§ **How to complete this task**: Check each line below for the word "else". How many have it? Answer with the number only.

§ **Recorded information**:
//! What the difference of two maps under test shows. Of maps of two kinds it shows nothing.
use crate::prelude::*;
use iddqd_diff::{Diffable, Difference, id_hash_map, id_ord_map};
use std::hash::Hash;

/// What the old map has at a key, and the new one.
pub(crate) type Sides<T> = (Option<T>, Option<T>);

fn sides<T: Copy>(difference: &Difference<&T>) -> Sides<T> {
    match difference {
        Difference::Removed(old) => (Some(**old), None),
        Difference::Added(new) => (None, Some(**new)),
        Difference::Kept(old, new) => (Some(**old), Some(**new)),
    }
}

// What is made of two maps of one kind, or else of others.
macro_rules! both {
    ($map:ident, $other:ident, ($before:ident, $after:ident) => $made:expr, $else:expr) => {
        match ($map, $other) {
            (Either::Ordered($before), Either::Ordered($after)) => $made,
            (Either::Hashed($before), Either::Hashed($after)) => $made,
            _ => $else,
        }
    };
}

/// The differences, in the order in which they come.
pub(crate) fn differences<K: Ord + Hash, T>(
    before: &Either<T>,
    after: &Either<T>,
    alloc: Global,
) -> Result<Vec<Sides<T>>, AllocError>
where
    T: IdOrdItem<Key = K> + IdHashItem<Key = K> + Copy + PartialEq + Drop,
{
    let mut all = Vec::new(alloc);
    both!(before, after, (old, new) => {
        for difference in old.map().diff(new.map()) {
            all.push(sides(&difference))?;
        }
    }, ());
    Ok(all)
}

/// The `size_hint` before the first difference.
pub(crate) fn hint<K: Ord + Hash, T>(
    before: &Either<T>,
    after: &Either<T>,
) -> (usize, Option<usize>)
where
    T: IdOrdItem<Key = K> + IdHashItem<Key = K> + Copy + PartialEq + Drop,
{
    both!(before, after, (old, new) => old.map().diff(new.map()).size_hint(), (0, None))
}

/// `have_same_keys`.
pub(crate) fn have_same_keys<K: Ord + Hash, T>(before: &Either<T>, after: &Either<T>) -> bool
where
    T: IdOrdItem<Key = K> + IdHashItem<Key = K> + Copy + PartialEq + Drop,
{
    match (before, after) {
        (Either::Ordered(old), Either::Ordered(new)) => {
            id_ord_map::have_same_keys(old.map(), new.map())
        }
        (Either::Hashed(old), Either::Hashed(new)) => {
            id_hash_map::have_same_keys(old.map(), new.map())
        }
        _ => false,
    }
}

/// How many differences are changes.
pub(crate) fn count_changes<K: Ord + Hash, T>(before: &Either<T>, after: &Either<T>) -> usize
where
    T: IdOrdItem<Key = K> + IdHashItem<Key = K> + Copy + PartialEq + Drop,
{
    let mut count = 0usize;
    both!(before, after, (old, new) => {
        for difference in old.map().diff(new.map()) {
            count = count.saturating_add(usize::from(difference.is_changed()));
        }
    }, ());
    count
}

--

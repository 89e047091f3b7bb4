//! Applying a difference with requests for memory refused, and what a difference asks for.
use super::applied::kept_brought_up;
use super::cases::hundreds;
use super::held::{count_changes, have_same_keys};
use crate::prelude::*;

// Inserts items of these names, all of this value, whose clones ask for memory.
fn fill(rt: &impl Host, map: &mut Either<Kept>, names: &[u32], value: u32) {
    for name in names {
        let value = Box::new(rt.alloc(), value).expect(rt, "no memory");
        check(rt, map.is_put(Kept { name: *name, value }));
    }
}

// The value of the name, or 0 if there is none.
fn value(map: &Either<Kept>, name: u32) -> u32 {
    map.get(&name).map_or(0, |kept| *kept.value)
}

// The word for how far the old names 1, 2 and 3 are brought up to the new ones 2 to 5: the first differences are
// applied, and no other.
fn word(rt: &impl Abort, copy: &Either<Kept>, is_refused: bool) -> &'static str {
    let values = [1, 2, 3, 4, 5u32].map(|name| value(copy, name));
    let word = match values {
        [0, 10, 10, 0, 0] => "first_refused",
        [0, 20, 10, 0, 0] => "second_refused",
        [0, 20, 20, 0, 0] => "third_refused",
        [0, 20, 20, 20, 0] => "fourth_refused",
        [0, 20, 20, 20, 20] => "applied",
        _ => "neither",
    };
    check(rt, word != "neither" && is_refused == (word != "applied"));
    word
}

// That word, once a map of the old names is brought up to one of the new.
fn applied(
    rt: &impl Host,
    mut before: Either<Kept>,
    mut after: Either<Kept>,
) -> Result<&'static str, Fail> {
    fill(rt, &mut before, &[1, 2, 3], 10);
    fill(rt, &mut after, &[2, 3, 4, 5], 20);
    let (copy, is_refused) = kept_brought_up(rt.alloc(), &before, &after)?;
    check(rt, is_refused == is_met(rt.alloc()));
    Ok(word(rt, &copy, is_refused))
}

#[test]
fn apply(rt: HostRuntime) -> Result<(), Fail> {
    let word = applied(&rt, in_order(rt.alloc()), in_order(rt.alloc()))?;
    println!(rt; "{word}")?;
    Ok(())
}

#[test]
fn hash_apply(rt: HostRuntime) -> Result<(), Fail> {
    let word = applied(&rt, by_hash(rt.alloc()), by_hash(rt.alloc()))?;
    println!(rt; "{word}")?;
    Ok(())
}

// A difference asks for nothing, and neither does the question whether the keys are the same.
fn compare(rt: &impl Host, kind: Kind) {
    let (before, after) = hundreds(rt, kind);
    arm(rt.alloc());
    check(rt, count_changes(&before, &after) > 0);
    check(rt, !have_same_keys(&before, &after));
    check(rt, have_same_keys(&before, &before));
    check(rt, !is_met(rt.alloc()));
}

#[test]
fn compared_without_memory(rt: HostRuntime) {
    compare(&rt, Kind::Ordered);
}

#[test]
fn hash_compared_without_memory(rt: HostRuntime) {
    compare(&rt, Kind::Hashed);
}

==

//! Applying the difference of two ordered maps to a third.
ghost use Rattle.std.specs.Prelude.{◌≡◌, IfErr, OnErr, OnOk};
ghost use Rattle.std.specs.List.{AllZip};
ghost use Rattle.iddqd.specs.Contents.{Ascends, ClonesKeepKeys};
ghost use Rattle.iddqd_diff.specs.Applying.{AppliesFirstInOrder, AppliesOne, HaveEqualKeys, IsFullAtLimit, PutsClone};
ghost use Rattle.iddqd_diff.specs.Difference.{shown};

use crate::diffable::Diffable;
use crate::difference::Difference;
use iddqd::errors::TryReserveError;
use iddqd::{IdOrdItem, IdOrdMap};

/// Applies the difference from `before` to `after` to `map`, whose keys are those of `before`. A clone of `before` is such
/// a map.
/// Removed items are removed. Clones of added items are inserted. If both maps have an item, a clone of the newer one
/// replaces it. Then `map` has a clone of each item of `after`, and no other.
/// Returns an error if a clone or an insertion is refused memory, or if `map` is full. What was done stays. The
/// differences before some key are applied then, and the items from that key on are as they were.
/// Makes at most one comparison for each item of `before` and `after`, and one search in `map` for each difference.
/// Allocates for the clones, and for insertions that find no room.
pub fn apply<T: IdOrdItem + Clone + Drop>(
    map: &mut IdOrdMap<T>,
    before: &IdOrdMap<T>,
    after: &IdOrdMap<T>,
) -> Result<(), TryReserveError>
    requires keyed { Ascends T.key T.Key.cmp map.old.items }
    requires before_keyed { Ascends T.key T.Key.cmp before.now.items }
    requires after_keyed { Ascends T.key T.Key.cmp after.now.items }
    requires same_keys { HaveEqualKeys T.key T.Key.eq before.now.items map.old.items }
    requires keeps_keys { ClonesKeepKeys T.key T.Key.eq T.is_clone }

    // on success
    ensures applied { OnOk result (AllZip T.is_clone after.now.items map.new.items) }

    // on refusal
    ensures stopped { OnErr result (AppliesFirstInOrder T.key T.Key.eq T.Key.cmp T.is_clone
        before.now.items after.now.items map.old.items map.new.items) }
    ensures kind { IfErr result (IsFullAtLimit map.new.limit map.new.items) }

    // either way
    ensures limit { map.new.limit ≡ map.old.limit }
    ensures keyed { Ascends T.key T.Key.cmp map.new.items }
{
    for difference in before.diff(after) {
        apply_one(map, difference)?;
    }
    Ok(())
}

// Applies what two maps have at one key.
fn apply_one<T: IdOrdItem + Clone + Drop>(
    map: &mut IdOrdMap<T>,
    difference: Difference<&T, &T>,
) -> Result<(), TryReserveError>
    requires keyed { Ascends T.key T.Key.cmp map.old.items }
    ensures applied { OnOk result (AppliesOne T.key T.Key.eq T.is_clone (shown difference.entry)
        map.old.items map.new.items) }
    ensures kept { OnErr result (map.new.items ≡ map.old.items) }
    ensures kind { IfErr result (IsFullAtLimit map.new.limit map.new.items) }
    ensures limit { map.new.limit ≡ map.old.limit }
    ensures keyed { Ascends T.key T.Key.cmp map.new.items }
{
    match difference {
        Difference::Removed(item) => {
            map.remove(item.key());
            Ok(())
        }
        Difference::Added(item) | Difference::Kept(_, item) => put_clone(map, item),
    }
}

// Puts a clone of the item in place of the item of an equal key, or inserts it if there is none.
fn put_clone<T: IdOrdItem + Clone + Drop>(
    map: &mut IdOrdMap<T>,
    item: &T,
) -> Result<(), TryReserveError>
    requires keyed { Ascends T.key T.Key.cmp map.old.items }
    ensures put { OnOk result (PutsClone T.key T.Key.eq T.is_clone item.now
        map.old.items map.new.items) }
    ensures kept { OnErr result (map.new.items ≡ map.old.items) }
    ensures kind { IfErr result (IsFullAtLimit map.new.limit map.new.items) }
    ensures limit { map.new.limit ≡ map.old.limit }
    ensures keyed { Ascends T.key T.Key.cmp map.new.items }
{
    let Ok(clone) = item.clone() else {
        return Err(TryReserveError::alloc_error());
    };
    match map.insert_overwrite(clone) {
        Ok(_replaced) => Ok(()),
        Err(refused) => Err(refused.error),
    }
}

§ **Result of the task**: 4